What you should do. Could you work out how many lines in the material below hold the word "NodeOut"? Give only the number in reply.

[Dataset records — start]

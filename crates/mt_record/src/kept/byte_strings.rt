//! A list of byte strings in blocks.
ghost use Rattle.std.specs.Prelude.{◌≡◌, ◌<◌, ◌≤◌, ◌^◌, ◌++◌, [], ◌∷◌, List, ℕ, OnOk, OnErr, IfOk, length, take, slice_index_or};
ghost use Rattle.mt_words.specs.Walks.{joined};
ghost use Rattle.mt_record.specs.Steps.Blocks.{AreBlocks};
ghost use Rattle.mt_record.specs.declared.kept.byte_strings.TheConstants.{TEXTS};

use crate::kept::block::Block;
use mt_words::Memory;
use std::alloc::Global;
use std::marker::Model;
use std::mem;

/// The number of texts of a full block. A block of bodies is small enough that the allocator reuses its memory once it
/// is freed.
pub(crate) const TEXTS: usize = 512;

/// The most full blocks, so that the number of texts fits a `usize`.
pub(crate) const MOST_BLOCKS: usize = 1 << 54;

/// A list of byte strings, here called texts. They lie in blocks. Each block has `TEXTS` texts, but the last may have
/// fewer.
#[derive(Debug, Drop)]
pub struct ByteStrings {
    full: Vec<Block>,
    last: Block,
}

impl Model for ByteStrings {
    ghost use Rattle.std.specs.Prelude.{List, ℕ, ◌++◌};
    ghost use Rattle.mt_words.specs.Walks.{joined};
    ghost use Rattle.mt_record.specs.Steps.Blocks.{AreBlocks};

    ghost Value = { List (List ℕ) };

    ghost view = { λ t. joined t.full.items ++ t.last };

    ghost invariant = { λ t. AreBlocks t.full.items t.last };
}

impl ByteStrings {
    /// Creates an empty list.
    pub fn new(alloc: Global) -> ByteStrings
        ensures { result ≡ [] }
    {
        ByteStrings {
            full: Vec::new(alloc),
            last: Block::new(alloc),
        }
    }

    /// Returns an empty list with the same allocator.
    pub(crate) fn none(&self) -> ByteStrings
        ensures { result ≡ [] }
    {
        ByteStrings::new(*self.full.allocator())
    }

    /// Removes all texts.
    pub(crate) fn clear(&mut self)
        ensures { self.new ≡ [] }
    {
        self.full.clear();
        self.last.clear();
    }

    /// Removes the last text.
    pub(crate) fn drop_last(&mut self)
        requires { 0 < length self.old }
        ensures { (last : List ℕ) × (self.old ≡ self.new ++ last ∷ []) }
    {
        reopen(&mut self.full, &mut self.last);
        self.last.drop_last();
    }

    /// Returns the number of texts.
    pub fn len(&self) -> usize
        ensures { result ≡ length self.now }
    {
        self.full.len() * TEXTS + self.last.len()
    }

    /// Returns the text at this place.
    pub fn get(&self, at: usize) -> &[u8]
        requires { at < length self.now }
        ensures { (d : List ℕ) → result.now ≡ slice_index_or self.now at d }
    {
        let block = at / TEXTS;
        if block < self.full.len() {
            self.full[block].get(at % TEXTS)
        } else {
            self.last.get(at % TEXTS)
        }
    }

    /// Appends a text. Err: out of memory; nothing is appended.
    // Each record of a log passes through here when it is scanned. Without inlining, the calls alone are a thirtieth of all
    // instructions.
    #[inline(always)]
    pub fn push(&mut self, text: &[u8]) -> Result<(), Memory>
        ensures ok { OnOk result (self.new ≡ self.old ++ text.now ∷ []) }
        ensures err { OnErr result (self.new ≡ self.old) }
    {
        make_room(&mut self.full, &mut self.last)?;
        self.last.push(text)
    }

    /// Appends one text that is given as its front and its rest. Err: out of memory; nothing is appended.
    pub fn push_joined(&mut self, front: &[u8], rest: &[u8]) -> Result<(), Memory>
        ensures ok { OnOk result (self.new ≡ self.old ++ (front.now ++ rest.now) ∷ []) }
        ensures err { OnErr result (self.new ≡ self.old) }
    {
        make_room(&mut self.full, &mut self.last)?;
        self.last.push_joined(front, rest)
    }

    /// Appends these texts. They are copied only if the last block is not full. Err: out of memory; nothing is appended.
    pub(crate) fn append(&mut self, more: ByteStrings) -> Result<(), Memory>
        ensures ok { OnOk result (self.new ≡ self.old ++ more) }
        ensures err { OnErr result (self.new ≡ self.old) }
    {
        if self.last.len() % TEXTS > 0 {
            return self.copy(&more);
        }
        let ByteStrings { full, last } = more;
        append_blocks(&mut self.full, &mut self.last, full, last)
    }

    /// Appends copies of these texts. Err: out of memory; nothing is appended.
    fn copy(&mut self, more: &ByteStrings) -> Result<(), Memory>
        ensures ok { OnOk result (self.new ≡ self.old ++ more.now) }
        ensures err { OnErr result (self.new ≡ self.old) }
    {
        let count = self.len();
        for at in 0..more.len() {
            match self.push(more.get(at)) {
                Ok(()) => {}
                Err(Memory) => {
                    self.shorten(count);
                    return Err(Memory);
                }
            }
        }
        Ok(())
    }

    /// Removes texts from the end until this many are left.
    fn shorten(&mut self, count: usize)
        requires { count ≤ length self.old }
        ensures { self.new ≡ take count self.old }
    {
        'texts: while self.len() > count {
            self.drop_last();
        }
    }

    /// Returns the blocks. Err: out of memory.
    pub(crate) fn into_blocks(self) -> Result<Vec<Block>, Memory>
        ensures same { IfOk result (λ blocks. joined blocks.items ≡ self) }
        ensures few { IfOk result (λ blocks. length (joined blocks.items) < 2 ^ 64) }
    {
        let ByteStrings { full, last } = self;
        let mut blocks = full;
        blocks.push(last)?;
        Ok(blocks)
    }
}

/// Makes room for a text in the last block: begins a block if the last one is full. Err: out of memory.
#[inline(always)]
fn make_room(full: &mut Vec<Block>, last: &mut Block) -> Result<(), Memory>
    requires { AreBlocks full.old.items last.old }
    ensures same { joined full.new.items ++ last.new ≡ joined full.old.items ++ last.old }
    ensures blocks { AreBlocks full.new.items last.new }
    ensures room { OnOk result (length last.new < TEXTS) }
{
    if last.len() < TEXTS {
        return Ok(());
    }
    begin_block(full, last)
}

/// Begins a block after the last one, which is full. Err: out of memory.
fn begin_block(full: &mut Vec<Block>, last: &mut Block) -> Result<(), Memory>
    requires blocks { AreBlocks full.old.items last.old }
    requires full { length last.old ≡ TEXTS }
    ensures same { joined full.new.items ++ last.new ≡ joined full.old.items ++ last.old }
    ensures blocks { AreBlocks full.new.items last.new }
    ensures room { OnOk result (length last.new < TEXTS) }
{
    if full.len() >= MOST_BLOCKS {
        return Err(Memory);
    }
    let next = last.next()?;
    full.reserve(1)?;
    full.push_reserved(mem::replace(last, next));
    Ok(())
}

/// Appends further blocks. Err: the last block is not full, or out of memory; nothing is appended.
fn append_blocks(
    full: &mut Vec<Block>,
    last: &mut Block,
    more: Vec<Block>,
    end: Block,
) -> Result<(), Memory>
    requires blocks { AreBlocks full.old.items last.old }
    requires more { AreBlocks more.items end }
    ensures ok { OnOk result (joined full.new.items ++ last.new ≡ (joined full.old.items ++ last.old) ++ (joined more.items ++ end)) }
    ensures err { OnErr result (joined full.new.items ++ last.new ≡ joined full.old.items ++ last.old) }
    ensures blocks { AreBlocks full.new.items last.new }
{
    if full.is_empty() && last.len() == 0 {
        *full = more;
        *last = end;
        return Ok(());
    }
    if last.len() < TEXTS || full.len() + more.len() >= MOST_BLOCKS {
        return Err(Memory);
    }
    full.reserve(more.len() + 1)?;
    full.push_reserved(mem::replace(last, end));
    let mut more = more;
    full.append(&mut more)?;
    Ok(())
}

/// Makes the last full block the last one again if that is empty.
fn reopen(full: &mut Vec<Block>, last: &mut Block)
    requires blocks { AreBlocks full.old.items last.old }
    requires some { 0 < length (joined full.old.items ++ last.old) }
    ensures same { joined full.new.items ++ last.new ≡ joined full.old.items ++ last.old }
    ensures blocks { AreBlocks full.new.items last.new }
    ensures some { 0 < length last.new }
{
    if last.len() > 0 {
        return;
    }
    let Some(block) = full.pop() else {
        unreachable!();
    };
    *last = block;
}
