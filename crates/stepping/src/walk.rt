// The walk of a step: the walk of a node and the walk of a joined pair call each other.
// The first row stands beside the tables, and no `Rows`: a walk ends by the nodes' shape, and has no count.
// What stays the same is no struct: with one, a step of one node takes 77 ns where it holds the tables and 80 where it holds a reference, not 73.
ghost use Rattle.std.specs.Prelude.{◌≡◌, false, ◌+◌, ◌<◌};
ghost use Rattle.node_step.specs.Lists.{memory_of, SameLists};
ghost use Rattle.stepping.specs.Walk.{NodeStepped, Walkable, Leaf, Pair};

use monitor::node::{MonNode, row_at};
use monitor::table::Tables;
use node_step::check::Moment;
use node_step::joined::{finish, joined_now, parts_of};
use node_step::state::Memory;

// Whether a node is failing now, and the node behind its parts.
#[derive(Clone, Copy, Debug, PartialEq, Eq)]
pub struct NodeOut {
    pub now: bool,
    pub next: usize,
}

// One check: its entry is read, stepped and stored.
fn step_leaf(
    tables: &Tables,
    nfirst: usize,
    memory: &mut Memory,
    node: MonNode,
    k: usize,
    s: u64,
    w: u64,
) -> NodeOut
    requires { Leaf tables.now.formulas.ops.now tables.now.formulas.nums.now tables.now.nodes.now nfirst (memory_of memory.old) node k s }
    ensures stepped { NodeStepped tables.now.formulas.ops.now tables.now.formulas.nums.now tables.now.nodes.now nfirst
        (memory_of memory.old) k s w
        (memory_of memory.new) result }
    ensures same { SameLists memory.old memory.new }
{
    let moment = Moment {
        table: &tables.formulas,
        step: s,
        truths: w,
    };
    let now = moment.step_check(node, memory, k);
    NodeOut { now, next: k + 1 }
}

// Both parts of a joined node, left and then right, and the node itself.
#[cycle(step_node_step_pair)]
fn step_pair(
    tables: &Tables,
    nfirst: usize,
    memory: &mut Memory,
    any: bool,
    k: usize,
    s: u64,
    w: u64,
) -> NodeOut
    requires { Pair tables.now.formulas.ops.now tables.now.formulas.nums.now tables.now.nodes.now nfirst (memory_of memory.old) any k s }
    ensures stepped { NodeStepped tables.now.formulas.ops.now tables.now.formulas.nums.now tables.now.nodes.now nfirst
        (memory_of memory.old) k s w
        (memory_of memory.new) result }
    ensures same { SameLists memory.old memory.new }
{
    let left = step_node(tables, nfirst, memory, k + 1, s, w);
    let mid = left.next;
    let right = step_node(tables, nfirst, memory, mid, s, w);
    let failing = joined_now(any, left.now, right.now);
    finish(memory, k, mid, failing, left.now, right.now);
    NodeOut {
        now: failing,
        next: right.next,
    }
}

// Node k of the monitor, with its parts.
#[cycle(step_node_step_pair)]
pub fn step_node(
    tables: &Tables,
    nfirst: usize,
    memory: &mut Memory,
    k: usize,
    s: u64,
    w: u64,
) -> NodeOut
    requires { Walkable tables.now.formulas.ops.now tables.now.formulas.nums.now tables.now.nodes.now nfirst (memory_of memory.old) k s }
    ensures stepped { NodeStepped tables.now.formulas.ops.now tables.now.formulas.nums.now tables.now.nodes.now nfirst
        (memory_of memory.old) k s w
        (memory_of memory.new) result }
    ensures same { SameLists memory.old memory.new }
{
    let Some(node) = row_at(tables.nodes, nfirst + k) else {
        return NodeOut {
            now: false,
            next: k + 1,
        };
    };
    let Some(any) = parts_of(node) else {
        return step_leaf(tables, nfirst, memory, node, k, s, w);
    };
    step_pair(tables, nfirst, memory, any, k, s, w)
}
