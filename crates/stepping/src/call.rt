// The step call: what is lent is tested, then the monitor is stepped in place.
ghost use Rattle.std.specs.Prelude.{◌≡◌, ltb, Ok};
ghost use Rattle.node_step.specs.Lists.{memory_of, SameLists};
ghost use Rattle.terms.specs.Limits.{steps};
ghost use Rattle.lent.specs.Lists.{tables_of, lent_monitor};
ghost use Rattle.stepping.specs.Call.{Answers, Fit, accept_of, step_call};

use crate::walk::step_node;
use lent::Frame;
use lent::refusal::admit_monitor;
use monitor::table::{Part, Tables};
use node_step::state::Memory;
use result::Refusal;
use terms::limit::STEPS;

// The step itself, on tables and a monitor that fit: whether the rule is newly broken by it.
pub fn step_fit(
    tables: &Tables,
    part: Part,
    frame: &Frame,
    memory: &mut Memory,
    s: u64,
    w: u64,
) -> bool
    requires { Fit (tables_of tables.now part) (lent_monitor frame.now (memory_of memory.old)) (ltb s steps) }
    ensures stepped { Answers (accept_of (tables_of tables.now part) (lent_monitor frame.now (memory_of memory.old)) s w) (Ok result) (memory_of memory.new) }
    ensures same { SameLists memory.old memory.new }
{
    let before = memory.failed[0];
    step_node(tables, part.nfirst, memory, 0, s, w);
    !before && memory.failed[0]
}

// Steps a lent monitor once, at step s with truths w, over the tables that hold its rule:
// whether the rule is newly broken by it, or the refusal. The step and its truths stand apart, as in document 01's call.
pub fn step(
    tables: &Tables,
    part: Part,
    frame: &Frame,
    memory: &mut Memory,
    s: u64,
    w: u64,
) -> Result<bool, Refusal>
    ensures stepped { Answers (step_call (tables_of tables.now part) (lent_monitor frame.now (memory_of memory.old)) s w) result (memory_of memory.new) }
    ensures same { SameLists memory.old memory.new }
{
    admit_monitor(tables, part, frame, &memory.entries())?;
    if STEPS <= s {
        return Err(Refusal::Late);
    }
    Ok(step_fit(tables, part, frame, memory, s, w))
}
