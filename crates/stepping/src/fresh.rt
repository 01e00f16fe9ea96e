// A fresh monitor: nothing pending, failed or remembered, every culprit minus 1.
ghost use Rattle.std.specs.Prelude.{◌≡◌, ◌+◌, ◌*◌, ◌≤◌, ◌<◌, length};
ghost use Rattle.std.proofs.lemmas.List.Edits.{sets};
ghost use Rattle.terms.specs.Limits.{row_cells};
ghost use Rattle.node_step.specs.Memory.{Inside};
ghost use Rattle.node_step.specs.Lists.{memory_of, SameLists};
ghost use Rattle.lent.specs.Lent.{Spanned};
ghost use Rattle.lent.specs.Lists.{tables_of, SameBlank};
ghost use Rattle.stepping.specs.Fresh.{column, cleared, Makes, FreshAnswers};

use lent::Blank;
use monitor::node::Rows;
use monitor::table::{Part, Tables};
use node_step::state::{Memory, initial_state};
use result::Refusal;

// The first n entries, as a fresh monitor has them. Entry by entry: a list at a time, each is a call of the C library, and a monitor of one node is
// made in 44 ns and not in 36.
fn clear(memory: &mut Memory, n: usize)
    requires { Inside (memory_of memory.old) n }
    ensures made { memory_of memory.new ≡ cleared (memory_of memory.old) n }
    ensures same { SameLists memory.old memory.new }
{
    for k in 0..n {
        memory.store(k, initial_state());
    }
}

// A column of the rows.
pub fn copy_column(rows: &Rows, col: usize, out: &mut [u64])
    requires { (row_cells * (rows.now.first + rows.now.count) ≤ length rows.now.nodes.now) × (col < row_cells) × (rows.now.count ≤ length out.old) }
    ensures { out.new ≡ sets out.old 0 (column rows.now.nodes.now col rows.now.first rows.now.count) }
{
    for k in 0..rows.count {
        out[k] = rows.cell(k, col);
    }
}

// The monitor's own forms, bounds and entries.
fn make(rows: &Rows, blank: &mut Blank, memory: &mut Memory)
    requires { Spanned rows.now.nodes.now rows.now.first blank.old.forms.now blank.old.bounds.now (memory_of memory.old) rows.now.count }
    ensures made { Makes rows.now.nodes.now rows.now.first rows.now.count
        blank.old.forms.now blank.old.bounds.now (memory_of memory.old)
        blank.new.forms.now blank.new.bounds.now (memory_of memory.new) }
    ensures same { SameLists memory.old memory.new }
    ensures lists { SameBlank blank.old blank.new }
{
    copy_column(rows, 0, blank.forms);
    copy_column(rows, 1, blank.bounds);
    clear(memory, rows.count);
}

// Makes the monitor of the compiled rule that the tables hold: the count of its nodes, or the refusal.
pub fn fresh(
    tables: &Tables,
    part: Part,
    blank: &mut Blank,
    memory: &mut Memory,
) -> Result<usize, Refusal>
    ensures made { FreshAnswers (tables_of tables.now part)
        blank.old.forms.now blank.old.bounds.now (memory_of memory.old) result
        blank.new.forms.now blank.new.bounds.now (memory_of memory.new) }
    ensures same { SameLists memory.old memory.new }
    ensures lists { SameBlank blank.old blank.new }
{
    blank.admit(tables, part, &memory.entries())?;
    make(&tables.rows(part), blank, memory);
    Ok(part.ncount)
}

[Dataset records — finish]

Exercise output. 7